Is there a way to pattern match for length in Haskell?

Question

I've got a function that will take a list and return a list of sublists of a specified length:

*Main> neighbors 3 [1,2,3,4]
[[1,2,3],[2,3,4]]

neighbors :: Int -> [a] -> [[a]]
neighbors n xs =
    let ys = take n xs
        zs = drop 1 xs
    in if (length ys < n)
       then []
       else ys : neighbors n zs

While it works, it doesn't look particularly "Haskell-y" to me, so I'm thinking there might be a pattern-match to do the same thing. Is there? Or, perhaps, I'm missing a different, tacit, way of doing this? I've looked at the various split libraries, and https://wiki.haskell.org/Let_vs._Where gave me the tools to get the function working at all.

Answer 1

Since the value can be passed at runtime, it would be strange to write the pattern at that moment: the patterns are usually translated into some program logic. Unless you write some sort of interpreter that first generates such pattern, it is not really possible to construct a pattern based on a value.

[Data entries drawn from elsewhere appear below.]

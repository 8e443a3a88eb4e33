//! Octets and values that were worked out by hand from the layout.
use arrayvec::ArrayVec;
use tsp_base::datagram::{Datagram, DecodeFault, Taken};
use tsp_base::kind::{KINDS, Kind};
use tsp_base::message::Body;
use tsp_base::micros::Micros;
use tsp_base::stamp::Stamp;
use tsp_codec::{decode, encode, encode_stamp, read, read_any, read_back, read_stamp};

/// The octets of a head and a name, and then this many octets of fill.
fn octets_of(head: &[u8], name: &[u8], fill: u8, count: usize) -> ArrayVec<u8, 300> {
    let mut octets = ArrayVec::new();
    let _ = octets.try_extend_from_slice(head);
    let _ = octets.try_extend_from_slice(name);
    for _ in 0..count {
        let _ = octets.try_push(fill);
    }
    octets
}

fn fault_of(octets: &[u8]) -> Option<DecodeFault> {
    match decode(octets) {
        Ok(_) => None,
        Err(fault) => Some(fault),
    }
}

/// Whether the octets are a message with this number and these parts.
fn spell_message(octets: &[u8], kind: Kind, number: u16, body: Body, name: &[u8]) -> bool {
    match decode(octets) {
        Ok(Datagram::Message(message)) => {
            message.kind() == kind
                && message.number() == number
                && message.body() == body
                && message.name().octets() == name
        }
        _ => false,
    }
}

/// Whether the datagram of these octets is written as `written`, and read back.
fn is_written_as(octets: &[u8], written: &[u8]) -> bool {
    match decode(octets) {
        Ok(datagram) => encode(&datagram).as_slice() == written && read_back(&datagram).is_ok(),
        Err(_) => false,
    }
}

fn time_of(value: i64) -> Body {
    match Micros::of(value) {
        Some(time) => Body::Time(time),
        None => Body::Nothing,
    }
}

/// An ADJTIME with the number 7 and the time 1,234, up to its name.
const HEAD: &[u8] = &[1, 1, 0, 7, 0, 0, 0, 0, 0, 0, 4, 0xd2];

/// Whether that head with these octets, and then so many of fill, is the message with this name, and is
/// written with so many octets, which are 0 from the name's end on.
fn is_padded(behind: &[u8], fill: u8, count: usize, name: &[u8], size: usize) -> bool {
    let octets = octets_of(HEAD, behind, fill, count);
    let written = octets_of(HEAD, name, 0, size.saturating_sub(12 + name.len()));
    written.len() == size
        && spell_message(octets.as_slice(), Kind::AdjTime, 7, time_of(1234), name)
        && is_written_as(octets.as_slice(), written.as_slice())
}

/// One message in four forms, of which the first is written; an octet more is too long.
#[test]
fn what_follows_the_name_is_passed_over(rt: HostRuntime) {
    assert!(rt; is_padded(b"alpha", 0, 59, b"alpha", 76));
    assert!(rt; is_padded(b"alpha", 0, 1, b"alpha", 76));
    assert!(rt; is_padded(b"alpha\0", 0xee, 250, b"alpha", 76));
    assert!(rt; octets_of(HEAD, b"alpha\0", 0xee, 250).len() == 268);
    let longer = octets_of(HEAD, b"alpha\0", 0xee, 251);
    assert!(rt; fault_of(longer.as_slice()) == Some(DecodeFault::Long));
}

/// Names on both sides of the lengths at which their place gets longer.
#[test]
fn long_names_have_long_spellings(rt: HostRuntime) {
    for (count, size) in &[(63, 76), (64, 268), (255, 268)] {
        let name = [b'a'; 255];
        let name = &name[..*count];
        assert!(rt; is_padded(name, 0, 1, name, *size));
    }
}

/// Whether an ADJTIME with these seconds and microseconds has this time; None: it is refused for its time.
fn has_time(seconds: u32, micros: u32, value: Option<i64>) -> bool {
    let mut octets = octets_of(&[1, 1, 0, 0], &u32::to_be_bytes(seconds), 0, 0);
    let _ = octets.try_extend_from_slice(&u32::to_be_bytes(micros));
    let _ = octets.try_push(0);
    match value {
        Some(value) => spell_message(octets.as_slice(), Kind::AdjTime, 0, time_of(value), b""),
        None => fault_of(octets.as_slice()) == Some(DecodeFault::Time),
    }
}

/// The greatest time and a microsecond.
const LIMIT: i64 = 2_147_483_648_000_000;

/// Seconds and microseconds at the ends of their ranges.
const TIMES: &[(u32, u32, Option<i64>)] = &[
    (0xffff_ffff, 0x000f_423f, Some(-1)),
    (0, 0xffff_ffff, Some(-1)),
    (0x8000_0000, 0xffff_ffff, None),
    (0x8000_0000, 0, Some(-LIMIT)),
    (0x7fff_ffff, 0x000f_423f, Some(LIMIT - 1)),
    (0, 0x000f_4240, None),
];

/// Whether the written form of a head and its name's end is another head and 0 up to 76 octets.
fn is_written_in_full(head: &[u8], written: &[u8]) -> bool {
    let octets = octets_of(head, b"", 0, 1);
    let written = octets_of(written, b"", 0, 64);
    is_written_as(octets.as_slice(), written.as_slice())
}

#[test]
fn times_have_their_range(rt: HostRuntime) {
    for (seconds, micros, value) in TIMES {
        assert!(rt; has_time(*seconds, *micros, *value));
    }
    let minus_one = [1, 1, 0, 0, 0, 0, 0, 0, 0xff, 0xff, 0xff, 0xff];
    let written = [1, 1, 0, 0, 0xff, 0xff, 0xff, 0xff, 0, 0x0f, 0x42, 0x3f];
    assert!(rt; is_written_in_full(&minus_one, &written));
}

/// The fault of what was read, if it has one.
fn fault_in(taken: Taken) -> Option<DecodeFault> {
    match taken {
        Taken::Good(_) => None,
        Taken::Bad(fault) => Some(fault),
    }
}

/// Whether `read`, `read_any` and `decode` find this fault, or all none.
fn have_fault(octets: &[u8], fault: Option<DecodeFault>) -> bool {
    fault_in(read(octets)) == fault
        && fault_in(read_any(octets)) == fault
        && fault_of(octets) == fault
}

/// Whether the octets of a head, so many octets of fill, and an end have this fault.
fn are_refused(
    head: &[u8],
    fill: u8,
    count: usize,
    end: &[u8],
    fault: Option<DecodeFault>,
) -> bool {
    let mut octets = octets_of(head, b"", fill, count);
    let _ = octets.try_extend_from_slice(end);
    have_fault(octets.as_slice(), fault)
}

/// An ACK up to its name.
const ACK: &[u8] = &[2, 1, 0, 0, 0, 0, 0, 0, 0, 0, 0, 0];

/// A head, what fills the octets behind it, how many of it are there, and an end.
const OCTETS: &[(&[u8], u8, usize, &[u8], Option<DecodeFault>)] = &[
    (&[1, 1], 0, 10, b"", Some(DecodeFault::Short)),
    (&[1, 2], 0, 10, b"", Some(DecodeFault::Short)),
    (&[0, 2], 0, 11, b"", Some(DecodeFault::Version)),
    (&[0, 1], 0, 11, b"", Some(DecodeFault::Kind)),
    (&[0x19, 1], 0, 11, b"", Some(DecodeFault::Kind)),
    (&[0x82, 1], 0, 11, b"", Some(DecodeFault::Kind)),
    (&[0x80, 1], 0, 25, b"", Some(DecodeFault::StampLength)),
    (&[0x81, 1], 0, 27, b"", Some(DecodeFault::StampLength)),
    (&[0x80, 1], 0, 26, b"", None),
    (&[0x81, 1], 0, 26, b"", None),
    (&[2, 1], 0, 11, b"", None),
    (&[2, 2], 0, 267, b"", Some(DecodeFault::Long)),
    (ACK, b'a', 63, b"\0", None),
    (ACK, b'a', 63, b"", Some(DecodeFault::NoEnd)),
    (ACK, b'a', 64, b"", Some(DecodeFault::NoEnd)),
    (ACK, b'a', 255, b"\0", None),
    (ACK, b'a', 255, b"", Some(DecodeFault::NoEnd)),
    (ACK, b'a', 256, b"", Some(DecodeFault::NameTooLong)),
    (&[0x80, 1, 0, 1], 0, 24, b"", Some(DecodeFault::Reserved)),
    (&[0x81, 1, 0x80, 0], 0, 24, b"", Some(DecodeFault::Reserved)),
];

/// Each fault, and octets that just don't have it.
#[test]
fn refuses_by_the_first_fault(rt: HostRuntime) {
    for (head, fill, count, end, fault) in OCTETS {
        assert!(rt; are_refused(head, *fill, *count, end, *fault));
    }
}

/// Whether a message of this kind has its number, and of its octets 4 to 11 keeps those that matter.
fn has_its_octets(kind: Kind) -> bool {
    let number = kind as u8;
    let (body, kept) = match number {
        1 | 5 | 14 | 15 | 22 | 23 => (time_of(50_331_650_000_005), [3, 0, 0, 2, 0, 0, 0, 5]),
        24 => (Body::Hops(3), [3, 0, 0, 0, 0, 0, 0, 0]),
        _ => (Body::Nothing, [0; 8]),
    };
    let head = [number, 1, 0x12, 0x34, 3, 0, 0, 2, 0, 0, 0, 5];
    let octets = octets_of(&head, b"b\0", 7, 3);
    let mut written = octets_of(&[number, 1, 0x12, 0x34], &kept, b'b', 1);
    let _ = written.try_extend_from_slice(&[0; 63]);
    spell_message(octets.as_slice(), kind, 0x1234, body, b"b")
        && is_written_as(octets.as_slice(), written.as_slice())
}

/// All types of message. Octets 4 to 11 matter in those with a time and in LOOP.
#[test]
fn each_kind_has_its_octets(rt: HostRuntime) {
    for kind in &KINDS {
        assert!(rt; has_its_octets(*kind));
    }
}

/// Whether octets are this stamp, which is written as them.
fn spell_stamp(octets: &[u8], wanted: Option<Stamp>) -> bool {
    match decode(octets) {
        Ok(Datagram::Stamp(stamp)) => {
            Some(stamp) == wanted
                && read_stamp(octets) == wanted
                && encode_stamp(&stamp).as_slice() == octets
                && is_written_as(octets, octets)
        }
        _ => false,
    }
}

/// Both stamps, in the one form that each has; and, as long as they are, a message and a request with a ticket.
#[test]
fn stamps_have_one_spelling(rt: HostRuntime) {
    let request = Stamp::Request {
        word: 1,
        counter: 2,
    };
    let octets = [
        0x80, 1, 0, 0, 0, 0, 0, 0, 0, 0, 0, 1, 0, 0, 0, 0, 0, 0, 0, 2, 0, 0, 0, 0, 0, 0, 0, 0,
    ];
    assert!(rt; spell_stamp(&octets, Some(request)));
    let octets = [
        0x81, 1, 0, 5, 0, 0, 0, 0, 0, 0, 0, 1, 0, 0, 0, 0, 0, 0, 0, 2, 0, 0, 0, 0, 0, 0, 3, 0xfc,
    ];
    assert!(rt; spell_stamp(&octets, Stamp::reply(5, 1, 2, 1020)));
    assert!(rt; read_stamp(octets_of(HEAD, b"alpha", 0, 11).as_slice()).is_none());
    assert!(rt; read_stamp(octets_of(&[0x80, 1, 0, 1], b"", 0, 24).as_slice()).is_none());
}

But we can indeed improve the program, for example:

neighbors :: Int -> [a] -> [[a]]
neighbors n l = go l (drop (n-1) l)
    where go l@(_:lt) (_:xs) = take n l : go lt xs
          go _ _ = []

This works as follows, we define a helper function go, that iterates on the same list, but at two positions: the second list is n-1 positions ahead of the first one. This one "inspects" if there are still enough elements to perform a take. We thus call go with l and drop (n-1) l.

In case the second list is non-empty, we thus know that the "last" item of a take n exists (and that this is n-1 positions ahead). In that case we thus return take n l, and we advance both pointers. From the moment the second list is exhausted, we know that slicing is no longer possible, and hence we stop emitting elements.

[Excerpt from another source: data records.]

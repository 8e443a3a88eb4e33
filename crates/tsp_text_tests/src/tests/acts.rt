//! Lines of traces and their values, and lines that aren't a trace's.

use tsp_base::act::{Act, Placed};
use tsp_base::alarm::Alarm;
use tsp_base::datagram::{Datagram, DecodeFault, Taken};
use tsp_base::place::{PeerId, Place, Port};
use tsp_base::role::Role;
use tsp_base::stamp::Stamp;
use tsp_base::trace::Line2;
use tsp_script::act_laws::{act_comes_back, one_line_one_act};
use tsp_script::act_reader::act_of;
use tsp_script::trace::act_text;

/// Whether an act is written as this line.
fn is_written(act: &Act, text: &[u8]) -> bool {
    let line = Line2 {
        event: 186,
        node: 2,
        tick: 637975324,
        number: 141,
        placed: Placed {
            port: Port(1),
            act: act.copy(),
        },
    };
    act_text(&line).as_slice() == text
}

/// Acts and their lines.
const WRITTEN: [(Act, &str); 25] = [
    (Act::Boot, "186 2 1 637975324 boot"),
    (
        Act::Become(Role::Starting),
        "186 2 1 637975324 become starting",
    ),
    (Act::Become(Role::Loose), "186 2 1 637975324 become loose"),
    (
        Act::Become(Role::Follow(PeerId(3))),
        "186 2 1 637975324 become follow 3",
    ),
    (
        Act::Become(Role::Candidate),
        "186 2 1 637975324 become candidate",
    ),
    (Act::Become(Role::Master), "186 2 1 637975324 become master"),
    (Act::Back(PeerId(2)), "186 2 1 637975324 back 2"),
    (Act::Backer(PeerId(3)), "186 2 1 637975324 backer 3"),
    (Act::Quit(PeerId(0)), "186 2 1 637975324 quit 0"),
    (Act::Join(PeerId(9)), "186 2 1 637975324 join 9"),
    (Act::Leave(PeerId(10)), "186 2 1 637975324 leave 10"),
    (Act::Rival(PeerId(99)), "186 2 1 637975324 rival 99"),
    (Act::Acked(PeerId(100)), "186 2 1 637975324 acked 100"),
    (Act::Gave(PeerId(3)), "186 2 1 637975324 gave 3"),
    (Act::Trace(true), "186 2 1 637975324 trace on"),
    (Act::Trace(false), "186 2 1 637975324 trace off"),
    (
        Act::Arm(Alarm::Probe, 1957464717),
        "186 2 1 637975324 arm probe 1957464717",
    ),
    (Act::Ring(Alarm::Elect), "186 2 1 637975324 ring elect"),
    (Act::Late(Alarm::Close), "186 2 1 637975324 late close"),
    (Act::Abandon, "186 2 1 637975324 abandon"),
    (
        Act::Correct {
            amount: -657769,
            stepped: true,
            shown: 632195137,
        },
        "186 2 1 637975324 correct -657769 step 632195137",
    ),
    (
        Act::Close {
            count: 2,
            lo: -500,
            width: 500,
            mean: -250,
        },
        "186 2 1 637975324 close 2 -500 500 -250",
    ),
    (
        Act::Sample {
            peer: PeerId(2),
            counter: 23,
            diff: -1528614,
            err: 2634852,
            ticket: 32333,
        },
        "186 2 1 637975324 sample 2 23 -1528614 2634852 32333",
    ),
    (
        Act::Post(
            Place::Peer(PeerId(0)),
            Datagram::Stamp(Stamp::Request {
                word: 17392,
                counter: 4,
            }),
        ),
        "186 2 1 637975324 post 141 0 request 17392 4",
    ),
    (
        Act::Took(Place::Stranger, Taken::Bad(DecodeFault::NameTooLong)),
        "186 2 1 637975324 took - refused name-too-long",
    ),
];

/// The text of each act.
#[test]
fn writes_acts(rt: HostRuntime) {
    for (act, text) in &WRITTEN {
        assert!(rt; is_written(act, text.as_bytes()), "{text}");
    }
}

/// Whether a line is read, written again as it was, and read as the same again.
fn comes_back(line: &[u8]) -> bool {
    let Ok(read) = act_of(line) else {
        return false;
    };
    let Ok(again) = act_comes_back(&read) else {
        return false;
    };
    one_line_one_act(&read, &again);
    act_text(&again).as_slice() == line
}

/// A line of each act, and of each form of its parts.
const LINES: &[&str] = &[
    "1 0 0 0 boot",
    "186 2 1 637975324 took - refused name-too-long",
    "4 0 0 82000000 took 1 adjtime 7 -10000 b",
    "3 0 0 20 took - request 1 2",
    "3 4294967295 255 18446744073709551615 post 18446744073709551615 - reply 5 1 2 1020",
    "2 0 0 80000000 post 0 1 masterreq 0 a",
    "9 1 0 5 post 12 4294967295 loop 3 10 %",
    "1 0 0 0 become starting",
    "1 0 0 0 become loose",
    "3 0 0 81000000 become follow 1",
    "1 0 0 0 become candidate",
    "1 0 0 0 become master",
    "1 0 0 0 back 2",
    "1 0 0 0 backer 3",
    "1 0 0 0 quit 1",
    "1 0 0 0 arm quiet 80000000",
    "2 0 0 80000000 ring quiet",
    "1 0 0 0 late resolve",
    "1 0 0 0 join 0",
    "1 0 0 0 leave 1",
    "1 0 0 0 rival 1",
    "1 0 0 0 acked 1",
    "1 0 0 0 gave 3",
    "1 0 0 0 sample 2 23 -1528614 2634852 32333",
    "1 0 0 0 close 2 -500 500 -250",
    "4 0 0 82000000 correct 10000 slew 82000000",
    "1 0 0 0 correct -657769 step -632195137",
    "1 0 0 0 abandon",
    "1 0 0 0 trace on",
    "1 0 0 0 trace off",
];

/// A line of each act, and of each form of its parts.
#[test]
fn reads_each_act(rt: HostRuntime) {
    for line in LINES {
        assert!(rt; comes_back(line.as_bytes()), "{line}");
    }
}

/// Lines that aren't a trace's.
const OTHERS: &[&str] = &[
    "",
    "1 0 0 0",
    "1 0 0 0 ",
    "1 0 0 0 boot ",
    " 1 0 0 0 boot",
    "01 0 0 0 boot",
    "1  0 0 0 boot",
    "1 0 256 0 boot",
    "1 4294967296 0 0 boot",
    "18446744073709551616 0 0 0 boot",
    "1 0 0 0 boots",
    "1 0 0 0 Boot",
    "1 0 0 0 abandon 1",
    "1 0 0 0 become follow",
    "1 0 0 0 become slave",
    "1 0 0 0 become master 1",
    "1 0 0 0 back -",
    "1 0 0 0 back 4294967296",
    "1 0 0 0 arm quiet",
    "1 0 0 0 arm sleep 5",
    "1 0 0 0 ring quiet 5",
    "1 0 0 0 took 1 refused",
    "1 0 0 0 took 1 refused late",
    "1 0 0 0 took 1 adjtime 7 10000",
    "1 0 0 0 post 1 masterreq 0 a",
    "1 0 0 0 correct 5 jump 6",
    "1 0 0 0 correct +5 slew 6",
    "1 0 0 0 correct -0 slew 6",
    "1 0 0 0 sample 2 23 -1528614 2634852 65536",
    "1 0 0 0 close 4294967296 0 0 0",
    "1 0 0 0 trace",
    "1 0 0 0 trace ON",
    "at 0 boot 0 5",
];

/// Lines that aren't a trace's.
#[test]
fn refuses_other_lines(rt: HostRuntime) {
    for line in OTHERS {
        assert!(rt; act_of(line.as_bytes()).is_err(), "{line}");
    }
}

The advantage is that this will run on infinite lists, since we never call length on the list (or any other function that needs to run to the end of the list), emitting the next slice itself runs in O(n) due to the take n, but checking if a next slice has to be emitted only takes O(1). If we thus are interested in the k-th element only, it takes O(k+n) time.

Without using explicit recursion, we can use zipWith :: (a -> b -> c) -> [a] -> [b] -> [c] and tails :: [a] -> [[a]]:

neighbors :: Int -> [a] -> [[a]]
neighbors n l = zipWith (const . take n) (tails l) (drop (n-1) l)

Answer 2

You can't directly pattern match on the length, but you can post-process it. You're right that your "if length" bit is not very Haskell-y. If I were you, I would just produce all of the tails of at most N elements and then filter off the stragglers at the end.

neighbors :: Int -> [a] -> [[a]]
neighbors n xs = filter (\x -> length x == n) $ go xs
    where go [] = []
          go (y:ys) = take n (y:ys) : go ys

My go here is basically your neighbors without the "if length" bit. Then I filter out all of the elements that are too short. Now, this is better, but we can still do even better. The Data.List module provides tails, which will allow us to eliminate all of our explicit recursion in this case.

import Data.List

neighbors :: Int -> [a] -> [[a]]
neighbors n = filter (\x -> length x == n) . map (take n) . tails

tails returns a list of all of the tails of the given list. Let's go through an example.

-- neighbors 3 [1, 2, 3, 4]
tails                               <==> [[1, 2, 3, 4], [2, 3, 4], [3, 4], [4], []]
map (take n) . tails                <==> [[1, 2, 3]   , [2, 3, 4], [3, 4], [4], []]
filter (...) . map (take n) . tails <==> [[1, 2, 3]   , [2, 3, 4]]

Now we have our problem split into three nice subproblems (produce the tails, take the first N elements, then eliminate the stragglers), and each subproblem is solved by a couple of standard library functions.